* Task item:
After finding the line with "Ok(Listing::from_vec(references))" in the entries below, retype exactly each line from there through the line with "fn paths(alloc: Global, texts: &[&str])", including that final line.

Dataset records
-- Opening Marker --

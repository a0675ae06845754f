//! The bodies of requests that name entities.
ghost use Rattle.std.specs.Prelude.{◌≡◌, ◌⊎◌, Some, map, option_map, IfOk, IfErr, Ok, Err};
ghost use Rattle.std.specs.Option.{option_copied};
ghost use Rattle.cat_tree.specs.Data.{items_of};
ghost use Rattle.cat_tree.specs.View.{data_of};
ghost use Rattle.cat_search.specs.Filter.{pieces};
ghost use Rattle.cat_inputs.specs.Body.{texts_from, texts_in};
ghost use Rattle.cat_requests.specs.Bodies as spec;

use crate::refusal::{Refusal, input_refusal};
use cat_collections::listing::Listing;
use cat_inputs::fault::{InputFault, Place, json_fault};
use cat_inputs::text::read_tree;
use cat_query::ask::Ask;
use cat_search::pieces::next_piece;
use cat_tree::ask::child;
use cat_tree::text::Text;
use cat_tree::tree::Tree;
use cat_types::fault::RefFault;
use cat_types::reference::{Ref, parse, text_at, text_in};
use std::alloc::{AllocError, Global};

// The texts of a list of texts.
fn texts_from<'a>(
    alloc: Global,
    place: Place,
    trees: &'a [Tree],
) -> Result<Vec<&'a str>, InputFault>
    ensures ok { IfOk result (λ v. texts_from place (items_of (map data_of trees.now))
        ≡ Ok (map (λ t. t.now) v.items)) }
    ensures err { IfErr result (λ e. (texts_from place (items_of (map data_of trees.now)) ≡ Err e)
        ⊎ (e ≡ InputFault.NoMemory)) }
{
    let mut texts = Vec::new(alloc);
    for tree in trees {
        match text_in(tree) {
            Some(text) => texts.push(text)?,
            None => return Err(InputFault::Shape(place)),
        }
    }
    Ok(texts)
}

// The texts of a field that is a list of texts.
fn texts_in<'a>(
    alloc: Global,
    place: Place,
    tree: Option<&'a Tree>,
) -> Result<Vec<&'a str>, InputFault>
    ensures ok { IfOk result (λ v. texts_in place (option_map (λ t. data_of t.now) tree.entry)
        ≡ Ok (map (λ t. t.now) v.items)) }
    ensures err { IfErr result (λ e. (texts_in place (option_map (λ t. data_of t.now) tree.entry) ≡ Err e)
        ⊎ (e ≡ InputFault.NoMemory)) }
{
    match tree {
        Some(Tree::List(trees)) => texts_from(alloc, place, trees.as_slice()),
        _ => Err(InputFault::Shape(place)),
    }
}

// The texts of `fields`, which may be left out.
fn fields_in<'a>(alloc: Global, tree: Option<&'a Tree>) -> Result<Vec<&'a str>, InputFault>
    ensures ok { IfOk result (λ v. spec.fields_by (option_map (λ t. data_of t.now) tree.entry)
        ≡ Ok (map (λ t. t.now) v.items)) }
    ensures err { IfErr result (λ e. (spec.fields_by (option_map (λ t. data_of t.now) tree.entry) ≡ Err e)
        ⊎ (e ≡ InputFault.NoMemory)) }
{
    match tree {
        Some(tree) => texts_in(alloc, Place::Fields, Some(tree)),
        None => Ok(Vec::new(alloc)),
    }
}

fn reference_at(alloc: Global, place: usize, text: &str) -> Result<Ref, Refusal>
    ensures ok { IfOk result (λ r. spec.reference_at place text.now ≡ Ok r) }
    ensures err { IfErr result (λ e. (spec.reference_at place text.now ≡ Err e)
        ⊎ (e ≡ Refusal.NoMemory)) }
{
    match parse(alloc, text, None, "default") {
        Ok(reference) => Ok(reference),
        Err(RefFault::NoMemory) => Err(Refusal::NoMemory),
        Err(_) => Err(Refusal::Reference(place)),
    }
}

// The references that texts name.
fn references(alloc: Global, texts: &[&str]) -> Result<Listing<Ref>, Refusal>
    ensures ok { IfOk result (λ rs. spec.references (map (λ t. t.now) texts.now) ≡ Ok rs) }
    ensures err { IfErr result (λ e. (spec.references (map (λ t. t.now) texts.now) ≡ Err e)
        ⊎ (e ≡ Refusal.NoMemory)) }
{
    let mut references = Vec::new(alloc);
    for (i, text) in texts.iter().enumerate() {
        references.push(reference_at(alloc, i, text)?)?;
    }
    Ok(Listing::from_vec(references))
}

// The keys of a path.
fn path(alloc: Global, text: &str) -> Result<Listing<Text>, AllocError>
    ensures { IfOk result (λ p. p ≡ pieces 46 text.now) }
{
    let mut keys = Vec::new(alloc);
    let mut rest = text;
    loop {
        let (key, more) = next_piece(rest, '.');
        keys.push(Text::of(alloc, key)?)?;
        match more {
            Some(after) => rest = after,
            None => return Ok(Listing::from_vec(keys)),
        }
    }
}

// The paths of texts.
fn paths(alloc: Global, texts: &[&str]) -> Result<Listing<Listing<Text>>, AllocError>
    ensures { IfOk result (λ ps. ps ≡ spec.paths (map (λ t. t.now) texts.now)) }
{
    let mut paths = Vec::new(alloc);
    for text in texts {
        paths.push(path(alloc, text)?)?;
    }
    Ok(Listing::from_vec(paths))
}

fn reference_by(alloc: Global, text: Option<&str>) -> Result<Ref, Refusal>
    ensures ok { IfOk result (λ r. spec.reference_by (option_copied text.entry) ≡ Ok r) }
    ensures err { IfErr result (λ e. (spec.reference_by (option_copied text.entry) ≡ Err e)
        ⊎ (e ≡ Refusal.NoMemory)) }
{
    match text {
        Some(text) => reference_at(alloc, 0, text),
        None => Err(input_refusal(InputFault::Shape(Place::EntityRef))),
    }
}

/// The reference under `entityRef` of a body.
pub fn reference_of(alloc: Global, body: &[u8]) -> Result<Ref, Refusal>
    ensures ok { IfOk result (λ r. spec.reference_of body.now ≡ Ok r) }
    ensures err { IfErr result (λ e. (spec.reference_of body.now ≡ Err e) ⊎ (e ≡ Refusal.NoMemory)) }
{
    match read_tree(alloc, body) {
        Ok(tree) => reference_by(alloc, text_at(child(&tree, Place::EntityRef.text()))),
        Err(fault) => Err(input_refusal(json_fault(fault))),
    }
}

fn many(alloc: Global, texts: &[&str], fields: &[&str]) -> Result<Ask, Refusal>
    ensures ok { IfOk result (λ a. spec.many_by (spec.paths (map (λ t. t.now) fields.now))
        (spec.references (map (λ t. t.now) texts.now)) ≡ Ok a) }
    ensures err { IfErr result (λ e. (spec.many_by (spec.paths (map (λ t. t.now) fields.now))
        (spec.references (map (λ t. t.now) texts.now)) ≡ Err e)
        ⊎ (e ≡ Refusal.NoMemory)) }
{
    let references = references(alloc, texts)?;
    let fields = paths(alloc, fields)?;
    Ok(Ask::Many(references, fields))
}

// With the texts of the references.
fn many_with(alloc: Global, texts: &[&str], tree: &Tree) -> Result<Ask, Refusal>
    ensures ok { IfOk result (λ a. spec.many_with (map (λ t. t.now) texts.now) (data_of tree.now) ≡ Ok a) }
    ensures err { IfErr result (λ e. (spec.many_with (map (λ t. t.now) texts.now) (data_of tree.now) ≡ Err e)
        ⊎ (e ≡ Refusal.NoMemory)) }
{
    match fields_in(alloc, child(tree, Place::Fields.text())) {
        Ok(fields) => many(alloc, texts, fields.as_slice()),
        Err(fault) => Err(input_refusal(fault)),
    }
}

fn many_in(alloc: Global, tree: &Tree) -> Result<Ask, Refusal>
    ensures ok { IfOk result (λ a. spec.many_in (data_of tree.now) ≡ Ok a) }
    ensures err { IfErr result (λ e. (spec.many_in (data_of tree.now) ≡ Err e) ⊎ (e ≡ Refusal.NoMemory)) }
{
    match texts_in(
        alloc,
        Place::EntityRefs,
        child(tree, Place::EntityRefs.text()),
    ) {
        Ok(texts) => many_with(alloc, texts.as_slice(), tree),
        Err(fault) => Err(input_refusal(fault)),
    }
}

/// What a body with `entityRefs` and, if it likes, `fields` asks. Each text of `fields` is one path.
pub fn many_of(alloc: Global, body: &[u8]) -> Result<Ask, Refusal>
    ensures ok { IfOk result (λ a. spec.many_of body.now ≡ Ok a) }
    ensures err { IfErr result (λ e. (spec.many_of body.now ≡ Err e) ⊎ (e ≡ Refusal.NoMemory)) }
{
    match read_tree(alloc, body) {
        Ok(tree) => many_in(alloc, &tree),
        Err(fault) => Err(input_refusal(json_fault(fault))),
    }
}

-- Closing Marker --

* Result below:
    Ok(Listing::from_vec(references))
}

// The keys of a path.
fn path(alloc: Global, text: &str) -> Result<Listing<Text>, AllocError>
    ensures { IfOk result (λ p. p ≡ pieces 46 text.now) }
{
    let mut keys = Vec::new(alloc);
    let mut rest = text;
    loop {
        let (key, more) = next_piece(rest, '.');
        keys.push(Text::of(alloc, key)?)?;
        match more {
            Some(after) => rest = after,
            None => return Ok(Listing::from_vec(keys)),
        }
    }
}

// The paths of texts.
fn paths(alloc: Global, texts: &[&str]) -> Result<Listing<Listing<Text>>, AllocError>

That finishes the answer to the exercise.